··· RECORDED INFORMATION

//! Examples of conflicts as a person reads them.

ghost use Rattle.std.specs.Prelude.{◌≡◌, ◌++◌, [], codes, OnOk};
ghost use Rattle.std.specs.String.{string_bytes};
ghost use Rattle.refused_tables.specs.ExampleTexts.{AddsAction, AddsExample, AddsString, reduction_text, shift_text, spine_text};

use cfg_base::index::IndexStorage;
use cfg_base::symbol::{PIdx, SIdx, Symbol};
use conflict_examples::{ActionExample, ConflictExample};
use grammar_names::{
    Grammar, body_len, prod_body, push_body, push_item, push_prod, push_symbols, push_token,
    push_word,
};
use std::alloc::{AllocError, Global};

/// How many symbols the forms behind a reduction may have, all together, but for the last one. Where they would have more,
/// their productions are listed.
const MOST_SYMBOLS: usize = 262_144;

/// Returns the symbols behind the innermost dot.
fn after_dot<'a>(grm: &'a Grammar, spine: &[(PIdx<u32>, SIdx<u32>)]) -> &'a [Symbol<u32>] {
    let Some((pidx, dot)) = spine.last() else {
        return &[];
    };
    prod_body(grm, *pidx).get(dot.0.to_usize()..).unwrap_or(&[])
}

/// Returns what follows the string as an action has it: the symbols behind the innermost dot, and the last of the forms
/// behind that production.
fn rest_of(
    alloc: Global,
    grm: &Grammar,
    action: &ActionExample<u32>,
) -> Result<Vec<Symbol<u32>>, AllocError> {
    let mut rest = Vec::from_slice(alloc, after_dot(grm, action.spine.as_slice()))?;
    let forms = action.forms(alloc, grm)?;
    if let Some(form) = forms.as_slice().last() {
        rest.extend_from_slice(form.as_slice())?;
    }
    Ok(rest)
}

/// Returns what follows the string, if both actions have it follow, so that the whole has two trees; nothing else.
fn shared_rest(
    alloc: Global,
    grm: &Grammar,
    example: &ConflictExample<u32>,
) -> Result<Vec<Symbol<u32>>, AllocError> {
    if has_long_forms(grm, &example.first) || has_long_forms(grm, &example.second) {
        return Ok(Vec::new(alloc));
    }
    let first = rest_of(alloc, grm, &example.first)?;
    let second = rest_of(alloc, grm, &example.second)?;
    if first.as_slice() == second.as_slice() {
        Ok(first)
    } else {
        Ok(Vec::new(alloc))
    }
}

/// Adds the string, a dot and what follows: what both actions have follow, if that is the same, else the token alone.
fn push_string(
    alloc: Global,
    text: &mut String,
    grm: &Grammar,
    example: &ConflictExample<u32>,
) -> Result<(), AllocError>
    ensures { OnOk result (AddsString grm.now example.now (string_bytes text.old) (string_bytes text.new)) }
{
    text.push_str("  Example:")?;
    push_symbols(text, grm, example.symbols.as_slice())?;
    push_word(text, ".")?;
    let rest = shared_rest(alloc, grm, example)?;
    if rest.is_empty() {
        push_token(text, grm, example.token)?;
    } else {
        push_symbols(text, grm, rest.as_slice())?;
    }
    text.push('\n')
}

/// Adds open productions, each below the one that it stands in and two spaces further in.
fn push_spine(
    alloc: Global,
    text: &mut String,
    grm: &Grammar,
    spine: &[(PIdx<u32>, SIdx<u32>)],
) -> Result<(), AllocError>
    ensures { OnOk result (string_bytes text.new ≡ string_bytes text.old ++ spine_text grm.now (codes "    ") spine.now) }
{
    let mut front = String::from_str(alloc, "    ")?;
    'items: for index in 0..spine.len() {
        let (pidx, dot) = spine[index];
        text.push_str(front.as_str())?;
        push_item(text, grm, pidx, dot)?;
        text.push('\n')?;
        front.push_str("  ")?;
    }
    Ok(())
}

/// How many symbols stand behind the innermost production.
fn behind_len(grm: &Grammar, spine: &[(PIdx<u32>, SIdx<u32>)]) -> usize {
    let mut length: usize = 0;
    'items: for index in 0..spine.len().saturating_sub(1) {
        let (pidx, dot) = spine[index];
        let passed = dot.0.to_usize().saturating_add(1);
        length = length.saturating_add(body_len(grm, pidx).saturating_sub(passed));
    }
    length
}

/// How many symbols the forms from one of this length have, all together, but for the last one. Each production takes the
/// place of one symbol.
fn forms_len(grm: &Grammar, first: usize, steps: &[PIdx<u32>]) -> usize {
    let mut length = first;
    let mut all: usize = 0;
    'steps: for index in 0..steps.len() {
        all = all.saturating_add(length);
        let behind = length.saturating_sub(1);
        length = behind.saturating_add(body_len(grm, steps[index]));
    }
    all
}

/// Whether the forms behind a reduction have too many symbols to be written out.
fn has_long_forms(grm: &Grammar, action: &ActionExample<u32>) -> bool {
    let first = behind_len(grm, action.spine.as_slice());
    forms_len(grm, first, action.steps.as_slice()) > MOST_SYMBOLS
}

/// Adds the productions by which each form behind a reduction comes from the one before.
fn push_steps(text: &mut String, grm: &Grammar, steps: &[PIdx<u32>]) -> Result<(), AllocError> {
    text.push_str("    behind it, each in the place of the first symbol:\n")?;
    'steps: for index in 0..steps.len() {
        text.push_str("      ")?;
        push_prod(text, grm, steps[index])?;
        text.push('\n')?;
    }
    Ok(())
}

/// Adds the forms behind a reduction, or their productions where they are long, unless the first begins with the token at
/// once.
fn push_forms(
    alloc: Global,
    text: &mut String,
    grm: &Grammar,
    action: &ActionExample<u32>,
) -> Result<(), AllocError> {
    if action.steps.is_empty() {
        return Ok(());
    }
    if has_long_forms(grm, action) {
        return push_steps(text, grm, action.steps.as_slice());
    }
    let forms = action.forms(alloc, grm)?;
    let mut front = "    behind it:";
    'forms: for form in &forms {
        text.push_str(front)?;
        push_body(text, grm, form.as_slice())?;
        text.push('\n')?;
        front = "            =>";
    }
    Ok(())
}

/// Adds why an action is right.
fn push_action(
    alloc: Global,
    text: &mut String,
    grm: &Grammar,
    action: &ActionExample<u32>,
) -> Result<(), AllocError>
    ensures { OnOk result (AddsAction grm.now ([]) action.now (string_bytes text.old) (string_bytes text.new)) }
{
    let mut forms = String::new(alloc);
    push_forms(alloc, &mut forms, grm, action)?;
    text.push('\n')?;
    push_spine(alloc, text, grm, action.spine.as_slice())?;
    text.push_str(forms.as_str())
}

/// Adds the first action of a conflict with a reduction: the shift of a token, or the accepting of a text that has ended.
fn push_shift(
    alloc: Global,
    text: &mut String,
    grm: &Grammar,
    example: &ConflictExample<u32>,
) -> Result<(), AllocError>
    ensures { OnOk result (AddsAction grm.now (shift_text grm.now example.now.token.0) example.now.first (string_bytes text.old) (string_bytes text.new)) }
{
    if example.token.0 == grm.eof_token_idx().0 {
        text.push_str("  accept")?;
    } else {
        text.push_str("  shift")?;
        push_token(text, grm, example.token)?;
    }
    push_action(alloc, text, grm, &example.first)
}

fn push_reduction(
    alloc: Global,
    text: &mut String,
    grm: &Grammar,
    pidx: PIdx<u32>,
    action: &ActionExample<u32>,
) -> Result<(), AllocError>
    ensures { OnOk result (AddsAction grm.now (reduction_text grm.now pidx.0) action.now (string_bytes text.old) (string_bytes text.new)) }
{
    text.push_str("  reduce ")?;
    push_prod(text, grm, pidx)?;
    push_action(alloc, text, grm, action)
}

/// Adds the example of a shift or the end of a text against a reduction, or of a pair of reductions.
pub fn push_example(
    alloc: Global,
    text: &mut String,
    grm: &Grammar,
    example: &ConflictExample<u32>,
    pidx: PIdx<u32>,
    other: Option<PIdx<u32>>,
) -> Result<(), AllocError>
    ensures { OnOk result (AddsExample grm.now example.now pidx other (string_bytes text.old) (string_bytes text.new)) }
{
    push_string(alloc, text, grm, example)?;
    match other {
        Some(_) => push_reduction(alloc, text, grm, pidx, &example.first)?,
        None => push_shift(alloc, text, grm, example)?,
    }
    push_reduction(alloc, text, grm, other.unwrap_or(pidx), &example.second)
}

······

**PROBLEM REQUIREMENTS:**
Check each line of the records above for the string "Some", and report every line that has it.

**WRITTEN REPLY:**
    let Some((pidx, dot)) = spine.last() else {
    if let Some(form) = forms.as_slice().last() {
        Some(_) => push_reduction(alloc, text, grm, pidx, &example.first)?,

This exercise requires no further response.